My ENT didn’t work with integrity. If he had, he would have explained more of his thinking or discussed the problem with me more. He didn’t deliver the basics of  what I consider a reasonable medical practice: honest information. (I realize you might have different expectations of a doc.)

Consider These Questions When Evaluating Someone’s Trustworthiness

Here are some questions I have found useful when I think I’m dealing with someone untrustworthy:

  • What would have to be true for this person to behave in this way?
  • What do I see and hear?
  • What does the other person see and hear?
  • Is there a way for me to build a bridge, given this data? Do I need more data? Could I offer more data?

You might have other approaches to building trust. I hope you decide to offer a comment, if so.

We are human, and as humans, we need to create trust as the basis for our relationships. Especially the more distant we are—across the organization or across time zones.

That is the question this week: How do you create trust?

7 thoughts on “How Do You Create Trust?”

  1. Hi Johanna! An interesting question indeed. Generally, I believe that trust has to be extended at first, not somehow “earned”. So at the beginning of a relationship, I am advocating a “trustful” approach – meaning I tend to trust others unless they prove untrustworthy (sadly it seems this can be done in numerous ways). In your ENT example, that’d mean that you would trust your doctor first unless he gives you the reason to loose that trust (which in this case he did). Usually, when someone loses my trust, I try to figure out:
    1. why would the person behave in such a way (is there some explanation to that
    2. is there something I might have done / said (not done / not said) that may have led to this behavior?
    3. is there possibly some context missing?
    Only when I fail to understand the behavior, the trust gradually erodes.

    1. Hi Tom, I do like these questions with relationship to congruence: other, self, and context. Very nice.

      Yes, I think that when we lack understanding on either side, we erode trust with each other.
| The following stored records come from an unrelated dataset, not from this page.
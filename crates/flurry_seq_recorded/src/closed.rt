//! A recorded map that has been closed, and the faults for which it cannot be closed.
ghost use Rattle.std.specs.Prelude.{◌≡◌};
ghost use Rattle.flurry_seq_recorded.specs.Faults.{fault_number, fault_text};

use crate::kept::KeptEntry;
use flurry_base::hash::{DefaultHashBuilder, KeyHasher};
use flurry_seq::SeqMap;
use std::alloc::{Allocator, Global};
use std::error::Error;
use std::fmt;

/// The map and the history of a recorded map that has been closed.
///
/// ```
/// (closed.history.len(), closed.map.len())
/// ```
#[derive(Drop)]
pub struct Closed<K: Ord, V, S: KeyHasher<K> = DefaultHashBuilder, A: Allocator = Global> {
    /// The map, as the calls of the history left it.
    pub map: SeqMap<K, V, S, A>,
    /// The calls with their replies, oldest first.
    pub history: Vec<KeptEntry<K, V>, A>,
}

/// The reason why a recorded map and its shares do not fit.
///
/// ```
/// match fault {
///     CloseFault::SharesDiffer | CloseFault::ReceiptsDiffer | CloseFault::PlacesDiffer => true,
///     CloseFault::NoMemory => false,
/// }
/// ```
#[derive(Clone, Copy, Debug, PartialEq, Eq)]
pub enum CloseFault {
    /// A share of the map is missing or comes twice, a share is not one of the map's, or the number of receipts is not the number of the
    /// map's calls.
    SharesDiffer,
    /// A receipt does not have the call and the reply that the history has at its place.
    ReceiptsDiffer,
    /// The places of a share do not ascend in the order of its receipts, or two receipts name one place.
    PlacesDiffer,
    /// Memory could not be allocated.
    NoMemory,
}

impl CloseFault {
    /// Returns the number of the fault, in the order in which the faults are looked for: 1 for [`CloseFault::SharesDiffer`], 2 for
    /// [`CloseFault::ReceiptsDiffer`], 3 for [`CloseFault::PlacesDiffer`], and 4 for [`CloseFault::NoMemory`].
    pub fn number(self) -> u8
        ensures { result ≡ fault_number self }
    {
        match self {
            CloseFault::SharesDiffer => 1,
            CloseFault::ReceiptsDiffer => 2,
            CloseFault::PlacesDiffer => 3,
            CloseFault::NoMemory => 4,
        }
    }
}

impl fmt::Display for CloseFault {
    ghost output = { λ f. fault_text f };

    fn fmt<W: fmt::Write>(&self, f: &mut fmt::Formatter<W>) -> fmt::Result {
        f.write_str(match self {
            CloseFault::SharesDiffer => {
                "the shares are not those of the map, or have not as many receipts as it has calls"
            }
            CloseFault::ReceiptsDiffer => {
                "a receipt is not the call and the reply at its place in the history"
            }
            CloseFault::PlacesDiffer => {
                "the places of a share do not ascend, or two receipts name one place"
            }
            CloseFault::NoMemory => "out of memory",
        })
    }
}

impl Error for CloseFault {}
      1. In the US, it’s otolaryngology. They are the first line of defense for vestibular problems. The ear part.

        Since the eustachian tubes connect everything, they study the ears, nose, and throat. It’s actually quite interesting. Although, they, as with many neurologists, have very few people skills. My theory is that’s because they so often provide bad news and no medical hope. I have met a couple who are more human :-)

  2. Hi Johanna –

    According to a couple of sources I checked, trust is defined as reliance on the integrity, strength, ability, surety, etc., of a person or thing; confidence; the belief that someone or something is reliable, good, honest, effective, etc.

    Then I thought about people I trust, and the behaviors they exhibit that led to that trust. They:

    – Tell me thoughtfully what they perceive to be the truth about my behavior or a situation, assuming positive intent, not just what they think I want to hear or what will advance another agenda.
    – Make their best effort to meet commitments they make, or if a problem develops, to notify me as soon as possible so we can collaborate on alternatives.
    – Behave consistently in ways that reflect and are aligned to their values. If those values have changed, being transparent about the growth that led to the change.
    – Respect confidentiality and to make any conflicts of interest or impropriety known early on in a discussion.

    So I hope that when people choose to trust me, I model these behaviors, thus reinforcing that trust.

    Thank you for making me more conscious of it!

    Terry

    1. Terry, you are welcome.

      I like that thoughtful approach to feedback. I think that’s missing from my post. Solomon infers it, but I don’t remember if he specifically discusses feedback. I agree with you, it’s a big part of trust.